I'm beginning to think Fishbait's got the hots for Twitchy.


----------



## rhbama3 (Jun 19, 2010)

turtlebug said:


> Toughen up Tuffy.
> 
> You gotta keep these boys in line.



oh, really?


----------



## rhbama3 (Jun 19, 2010)

turtlebug said:


> Here, next time they get outta hand, just post this pic and watch em scatter.
> 
> 
> 
> ...



I gotcha!


----------



## Miguel Cervantes (Jun 19, 2010)

Nicodemus said:


> Why didn`t you just buy a portable window unit.
> 
> Or ask to borrow my tipi? It`s cooler than that, and with one little citronella candle in the fire pit, there won`t be any skeeters.


 
Got the window unit just put in the bedroom. It would take a bunch of them to cool this place..


----------



## turtlebug (Jun 19, 2010)

Nicodemus said:


> HEY!!!?? Where`d this blast from the past come from?? I`m taller than that now. Much taller!!!



Red been making you take your Flintstones vitamins every morning.


----------



## Nicodemus (Jun 19, 2010)

Miguel Cervantes said:


> Got the window unit just put in the bedroom. It would take a bunch of them to cool this place..



In desperate situations, and sounds like you have one, just cool one room. Dummy!!


----------



## turtlebug (Jun 19, 2010)

rhbama3 said:


> I gotcha!



Uh-huh Uh-huh, I'm coming, I'm coming, I gotcha baby, Uh-huh.    

Twitchy, service with a smile. Uh-huh


----------



## Nicodemus (Jun 19, 2010)

turtlebug said:


> Red been making you take your Flintstones vitamins every morning.





 Yea!


----------



## chuckb7718 (Jun 19, 2010)

turtlebug said:


> Toughen up Tuffy.
> 
> You gotta keep these boys in line.



You don't scare me!


----------



## turtlebug (Jun 19, 2010)

Nicodemus said:


> In desperate situations, and sounds like you have one, just cool one room. Dummy!!



Yall fixin to change Miguel's screen name again aren't ya.


----------



## turtlebug (Jun 19, 2010)

chuckb7718 said:


> You don't scare me!



How can I? 

I don't get a chance before you done scared the bejeebuz out of me first!     :rolf:  


I demand Blackbeards do-overs!


----------



## rhbama3 (Jun 19, 2010)

turtlebug said:


> How can I?
> 
> I don't get a chance before you done scared the bejeebuz out of me first!     :rolf:
> 
> ...



Oh, Bugsy........
I done found something for you! Okay, we'll use it too but still....
http://www.sportsmansguide.com/net/cb/cb.aspx?a=650788


----------



## turtlebug (Jun 19, 2010)

rhbama3 said:


> Oh, Bugsy........
> I done found something for you! Okay, we'll use it too but still....
> http://www.sportsmansguide.com/net/cb/cb.aspx?a=650788



You must've copied the wrong link. I know you really meant this one.    

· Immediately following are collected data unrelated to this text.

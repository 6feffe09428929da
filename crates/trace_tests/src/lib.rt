//! Tests of `trace_verdict`: what no run of the program shows of a trace.
//!
//! The worked traces stand in `cases/steps.txt` and `cases/traces.txt`, as runs of `verify` and of `route --trace`. Those tell the
//! power of w alone, and end each line of a trace with a line break.
#![tactic(auto)]

#[cfg(test)]
mod verdict_tests;
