//! Ends of the system, call by call: devices and files, and a writer that takes every byte and then can't flush them.

use outside_io::{
    DirShelf, Failed, LoadFault, Shelf, Sink, Source, StdSink, StdSource, read_all, send,
};
use std::io::{Read, Write};
use std::test::Fail;
use std::{fs, io};

#[derive(Drop)]
struct Broken;

impl Read for Broken {
    fn read(&mut self, _buf: &mut [u8]) -> io::Result<usize> {
        Err(io::Error::from(io::ErrorKind::Other))
    }
}

#[test]
fn reads_devices(rt: HostRuntime) -> Result<(), Fail> {
    let mut zeros = StdSource::new(fs::open(&rt, "/dev/zero")?);
    let mut piece = [1u8; 3];
    assert!(rt; zeros.read(&mut piece)? == 3 && piece == [0u8; 3]);
    let endless = read_all(rt.alloc(), &mut zeros, 100_000).is_err();
    assert!(rt; endless);
    Ok(())
}

#[test]
fn reads_nothing(rt: HostRuntime) -> Result<(), Fail> {
    let mut nothing = StdSource::new(fs::open(&rt, "/dev/null")?);
    let is_empty = read_all(rt.alloc(), &mut nothing, 9)?.is_empty();
    assert!(rt; is_empty);
    let mut piece = [1u8; 3];
    assert!(rt; StdSource::new(Broken).read(&mut piece) == Err(Failed));
    Ok(())
}

/// Whether a sink takes one byte.
fn sends<K: Sink>(sink: &mut K) -> bool {
    send(sink, b"a".as_slice()) == Ok(())
}

#[test]
fn writes_devices(rt: HostRuntime) -> Result<(), Fail> {
    let is_full = !sends(&mut StdSink::new(fs::create(&rt, "/dev/full")?));
    let is_sent = sends(&mut StdSink::new(fs::create(&rt, "/dev/null")?));
    send(&mut StdSink::new(rt.stderr()), b"".as_slice())?;
    assert!(rt; is_full && is_sent);
    Ok(())
}

#[derive(Drop)]
struct Unflushed;

impl Write for Unflushed {
    fn write(&mut self, buf: &[u8]) -> io::Result<usize> {
        Ok(buf.len())
    }

    fn flush(&mut self) -> io::Result<()> {
        Err(io::Error::from(io::ErrorKind::Other))
    }
}

/// What is sent is flushed through the object of the system too. Standard output itself keeps nothing back, so no run could show it.
#[test]
fn tells_a_flush_that_fails(rt: HostRuntime) {
    assert!(rt; !sends(&mut StdSink::new(Unflushed)));
}

/// The name of an answer to a load.
fn name_of(loaded: Result<(), LoadFault>) -> &'static str {
    match loaded {
        Ok(()) => "Ok",
        Err(LoadFault::Failed) => "Failed",
        Err(LoadFault::Absent) => "Absent",
        Err(LoadFault::NoMemory) => "NoMemory",
    }
}

/// Path, answer, bytes that came.
const FILES: [(&str, &str, usize); 6] = [
    ("/dev/null", "Ok", 0),
    ("/dev/zero", "Ok", 70_001),
    ("/no such file", "Absent", 0),
    ("", "Absent", 0),
    ("/", "Failed", 0),
    ("/dev/null/file", "Failed", 0),
];

#[test]
fn loads_files(rt: HostRuntime) -> Result<(), Fail> {
    let mut shelf = DirShelf::new(&rt);
    let mut into = Vec::new(rt.alloc());
    for (path, answer, count) in FILES {
        into.push(1)?;
        let loaded = name_of(shelf.load(path, 70_000, &mut into));
        assert!(rt; loaded == answer && into.len() == count, "{path}");
    }
    Ok(())
}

I won't need but one safety harness in this!


----------



## Miguel Cervantes (Jun 19, 2010)

Nicodemus said:


> In desperate situations, and sounds like you have one, just cool one room. Dummy!!


 
You been hittin the bug juice today??? That's what I'm doin, as I said in my OP...


----------



## Miguel Cervantes (Jun 19, 2010)

turtlebug said:


> You must've copied the wrong link. I know you really meant this one.
> 
> I won't need but one safety harness in this!


 

Wanna borrow a generator and my window unit?? That looks more like a human boiler unit than a hunt box. I bet it gets up to 150 degrees in that bad boy.


----------



## Tuffdawg (Jun 19, 2010)

...........If you want nanner peelin to have a heart attack and scream loud enough to alarm the entire neighborhood....... Let a two inch beetle climb up his leg.


----------



## turtlebug (Jun 19, 2010)

Miguel Cervantes said:


> Wanna borrow a generator and my window unit?? That looks more like a human boiler unit than a hunt box. I bet it gets up to 150 degrees in that bad boy.

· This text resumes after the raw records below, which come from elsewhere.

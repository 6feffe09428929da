//! Tests of `outside_io` and `route_report`: what is read, kept and told, byte by byte.
//!
//! Each test function is proved too, so they are in a crate of their own: the crates below are proved once. A proof is long for
//! each assert in a loop, and so a test has one: small functions judge a row of a text by a bool.
#![tactic(auto)]

#[cfg(test)]
mod device_tests;
#[cfg(test)]
mod entry_tests;
#[cfg(test)]
mod io_tests;
#[cfg(test)]
mod report_tests;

I will swelter through the pits of hades rather than climb anything taller than 15'.    

It's scary!


----------



## Tuffdawg (Jun 19, 2010)

turtlebug said:


> I will swelter through the pits of hades rather than climb anything taller than 15'.
> 
> It's scary!



your not alone. I dont like the high climbs either.


----------



## rhbama3 (Jun 19, 2010)

Miguel Cervantes said:


> Wanna borrow a generator and my window unit?? That looks more like a human boiler unit than a hunt box. I bet it gets up to 150 degrees in that bad boy.



no kidding!
But if a Porto-let on stilts is what she wants, I'll keep an eye out....


----------



## turtlebug (Jun 19, 2010)

Tuffdawg said:


> ...........If you want nanner peelin to have a heart attack and scream loud enough to alarm the entire neighborhood....... Let a two inch beetle climb up his leg.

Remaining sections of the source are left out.